Question

One mole of an ideal gas doubles its volume in a reversible isothermal expansion. (a) What is the change in entropy of the gas? (b) If 1500 J of heat are added in this process, what is the temperature of the gas?

Answer 1

Explanation:

The given data is as follows.

       n = 1 mol,     $V_{f} = 2V_{i}$

       Q = 1500 J,      R = 8.314 J/mol k

(a)    $\Delta S = \frac{dQ}{dT}$

And, according to the first law of thermodynamics

                $\Delta E_{int} = Q - W$

And, in an isothermal process the change in internal energy of the gas is zero.

Hence,    0 = Q - W

or,             W = Q

Expression for work done in an isothermal process is as follows.

                   W = $nRT ln \frac{V_{f}}{V_{i}}$

As W = Q, Hence expression for Q will also be given as follows.

            Q = $nRT ln \frac{V_{f}}{V_{i}}$

Now,  

        $\Delta S = \frac{nRT ln \frac{V_{f}}{V_{i}}}{T}$

        [/tex]\Delta S = nR ln \frac{V_{f}}{V_{i}}[/tex]

                      = $nR ln \frac{2V_{i}}{V_{i}}$

                       = nR ln 2

                        = $1 \times 8.314 \times 0.693$

                        = 5.76 J/K

Therefore, change in entropy is 5.76 J/K.
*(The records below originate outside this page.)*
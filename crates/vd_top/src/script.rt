//! The lines of a script, answered one after another.

ghost use Rattle.std.specs.Prelude.{◌≡◌, ◌<◌, ◌≤◌, ◌^◌, ◌+◌, ℕ, List, [], OnOk, IsErr, IfErr, MatchResult, Some, true, false, length};
ghost use Rattle.vd_io.specs.Told.{Rose};
ghost use Rattle.vd_model.specs.Setting.{Setting};
ghost use Rattle.vd_model.specs.Reading.{reading};
ghost use Rattle.vd_device.specs.Sizes.{AreFit, IsSized};
ghost use Rattle.vd_engine.specs.Machine.{StandsFor, IsReached};
ghost use Rattle.vd_top.specs.Executes.{RoseBy, executes, is_execute_line};
ghost use Rattle.vd_top.specs.Pictures.{shown};
ghost use Rattle.vd_loop.specs.Replies.{Cut, Flushed};
ghost use Rattle.vd_loop.specs.Statuses.{is_own};
ghost use Rattle.vd_top.specs.Played.{Answered, StoppedBy, Played};

use crate::grammar::{Line, read_line};
use crate::player::Player;
use std::alloc::{AllocError, Global};
use vd_engine::Sizes;
use vd_io::{Image, Sink, Source};
use vd_lines::{LineReader, Next, ReadFault};
use vd_loop::{Progress, Stop, Waiting};

/// How many bytes of replies wait at most before they are written.
const FLUSH: usize = 65536;

/// What answers lines: a player, and room for what a line spells, which is used again for each line.
pub struct Responder {
    pub alloc: Global,
    pub scratch: Vec<u8>,
    pub player: Player,
}

impl Responder {
    /// It answers with an engine without devices, each of which will have these sizes, for an image of so many sectors.
    pub fn new(alloc: Global, sizes: Sizes, sectors: u64) -> Responder
        requires { AreFit sizes }
        ensures stands { (x : Setting) → IsSized x sizes → x.sectors ≡ sectors →
            StandsFor x [] result.player.engine }
        ensures sectors { result.player.engine.sectors ≡ sectors }
        ensures reached { IsReached result.player.engine }
        ensures asked { result.player.engine.asked ≡ 0 }
        ensures waiting { result.player.waiting.bytes ≡ [] }
        ensures failures { result.player.failures.items ≡ [] }
    {
        Responder {
            alloc,
            scratch: Vec::new(alloc),
            player: Player::new(alloc, sizes, sectors),
        }
    }

    /// Ends the engine, and gives the replies that wait and the lines at which the image failed.
    pub fn end(self) -> (Waiting, Vec<u64>)
        requires { IsReached self.player.engine }
        ensures waiting { result.0 ≡ self.player.waiting }
        ensures failures { result.1.items ≡ self.player.failures.items }
    {
        let Responder {
            alloc: _,
            scratch: _,
            player,
        } = self;
        player.end()
    }

    /// Answers a line before which so many others stand. Its reply waits with the others then.
    fn answer<K: Sink, I: Image>(
        &mut self,
        line: &[u8],
        lines: u64,
        sink: &mut K,
        disk: &mut I,
    ) -> Result<(), Progress>
        requires few { lines < 2 ^ 62 }
        requires room { self.old.player.engine.asked < 2 ^ 40 }
        requires reached { IsReached self.old.player.engine }
        requires disk { I.size disk.old ≡ self.old.player.engine.sectors }
        ensures answered { MatchResult result
            (λ _. Answered (reading line.now) lines self.old.player self.new.player (K.held sink.old) (K.held sink.new)
            (I.size disk.old) (shown I.content I.flushes disk.old) (shown I.content I.flushes disk.new))
            (λ p. StoppedBy p.stop p.lines (reading line.now) lines self.old.player self.new.player
            (K.held sink.old) (K.held sink.new)
            (I.size disk.old) (shown I.content I.flushes disk.old) (shown I.content I.flushes disk.new)) }
        ensures reached { IsReached self.new.player.engine }
        ensures asked { self.new.player.engine.asked ≤ self.old.player.engine.asked + 1 }
        ensures sectors { self.new.player.engine.sectors ≡ self.old.player.engine.sectors }
        ensures only_execute { is_execute_line line.now ≡ false → disk.new ≡ disk.old }
        ensures size { I.size disk.new ≡ I.size disk.old }
        ensures counted { (start : ℕ) → RoseBy (length self.old.player.failures.items) start (I.faults disk.old) →
            RoseBy (length self.new.player.failures.items) start (I.faults disk.new) }
        ensures later { K.faults sink.old ≤ K.faults sink.new }
        ensures sink_failed { IfErr result
            (λ p. p.stop ≡ Stop.SinkFailed → Rose (K.faults sink.old) (K.faults sink.new)) }
    {
        let step = match read_line(self.alloc, &mut self.scratch, line) {
            Err(AllocError) => return Err(Progress {
                stop: Stop::Memory,
                lines,
            }),
            Ok(Line::Bad) => return Err(Progress {
                stop: Stop::BadLine,
                lines,
            }),
            Ok(Line::Nothing) => return Ok(()),
            Ok(Line::Asks(step)) => step,
        };
        self.player.play(&step, lines, sink, disk)
    }
}

/// Writes the replies that wait, once they are many. If the sink fails, it answers to how many
/// lines the replies were written whole.
fn flush<K: Sink>(waiting: &mut Waiting, sink: &mut K) -> Result<(), u64>
    ensures ok { OnOk result (Flushed waiting.old waiting.new (K.held sink.old) (K.held sink.new)) }
    ensures front { IfErr result (λ lines. Cut waiting.old lines (K.held sink.old) (K.held sink.new)) }
    ensures later { K.faults sink.old ≤ K.faults sink.new }
    ensures failed { IsErr result → Rose (K.faults sink.old) (K.faults sink.new) }
{
    if waiting.len() < FLUSH {
        return Ok(());
    }
    waiting.write(sink)
}

/// Answers the lines that the source gives, until there is none or one stops the run. The replies
/// are written in large pieces, and before an execute; the last of them are left to wait.
pub fn play<S: Source, K: Sink, I: Image>(
    responder: &mut Responder,
    source: &mut S,
    sink: &mut K,
    disk: &mut I,
) -> Progress
    requires asked { responder.old.player.engine.asked ≡ 0 }
    requires reached { IsReached responder.old.player.engine }
    requires waiting { responder.old.player.waiting.bytes ≡ [] }
    requires failures { responder.old.player.failures.items ≡ [] }
    requires disk { I.size disk.old ≡ responder.old.player.engine.sectors }
    ensures played { (text : List ℕ) → S.left source.old ≡ Some text →
        Played text result.stop result.lines responder.old.player.engine responder.new.player
        (S.left source.new) (K.held sink.old) (K.held sink.new)
        (I.size disk.old) (shown I.content I.flushes disk.old) (shown I.content I.flushes disk.new) }
    ensures untouched { (text : List ℕ) → S.left source.old ≡ Some text → executes text ≡ false →
        disk.new ≡ disk.old }
    ensures size { I.size disk.new ≡ I.size disk.old }
    ensures counted { RoseBy (length responder.new.player.failures.items) (I.faults disk.old)
        (I.faults disk.new) }
    ensures source_failed { result.stop ≡ Stop.SourceFailed →
        Rose (S.faults source.old) (S.faults source.new) }
    ensures sink_failed { result.stop ≡ Stop.SinkFailed → Rose (K.faults sink.old) (K.faults sink.new) }
    ensures source_later { S.faults source.old ≤ S.faults source.new }
    ensures sink_later { K.faults sink.old ≤ K.faults sink.new }
    ensures reached { IsReached responder.new.player.engine }
    ensures few { is_own result.stop ≡ true → result.lines < 2 ^ 62 }
{
    let mut reader = LineReader::new(responder.alloc);
    let mut lines = 0;
    loop {
        match reader.advance(source) {
            Ok(Next::Line) => {}
            Ok(Next::Last) => {
                return match responder.answer(reader.line(), lines, sink, disk) {
                    Err(progress) => progress,
                    Ok(()) => Progress {
                        stop: Stop::End,
                        lines: lines + 1,
                    },
                };
            }
            Ok(Next::End) => return Progress {
                stop: Stop::End,
                lines,
            },
            Err(ReadFault::Failed) => return Progress {
                stop: Stop::SourceFailed,
                lines,
            },
            Err(ReadFault::TooLong) => return Progress {
                stop: Stop::TooLong,
                lines,
            },
            Err(ReadFault::Memory) => return Progress {
                stop: Stop::Memory,
                lines,
            },
        }
        match responder.answer(reader.line(), lines, sink, disk) {
            Err(progress) => return progress,
            Ok(()) => {}
        }
        lines += 1;
        match flush(&mut responder.player.waiting, sink) {
            Err(written) => return Progress {
                stop: Stop::SinkFailed,
                lines: written,
            },
            Ok(()) => {}
        }
    }
}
(b)    As,  Q = $nRT ln \frac{V_{f}}{V_{i}}$

                   = $nRT ln \frac{2V_{i}}{V_{i}}$

                   = nRT ln 2

           T = $\frac{Q}{nR ln 2}$

              = $\frac{1500}{1 \times 8.314 ln 2}$

              = 260.4 K

Therefore, temperature of the gas is 260.4 K.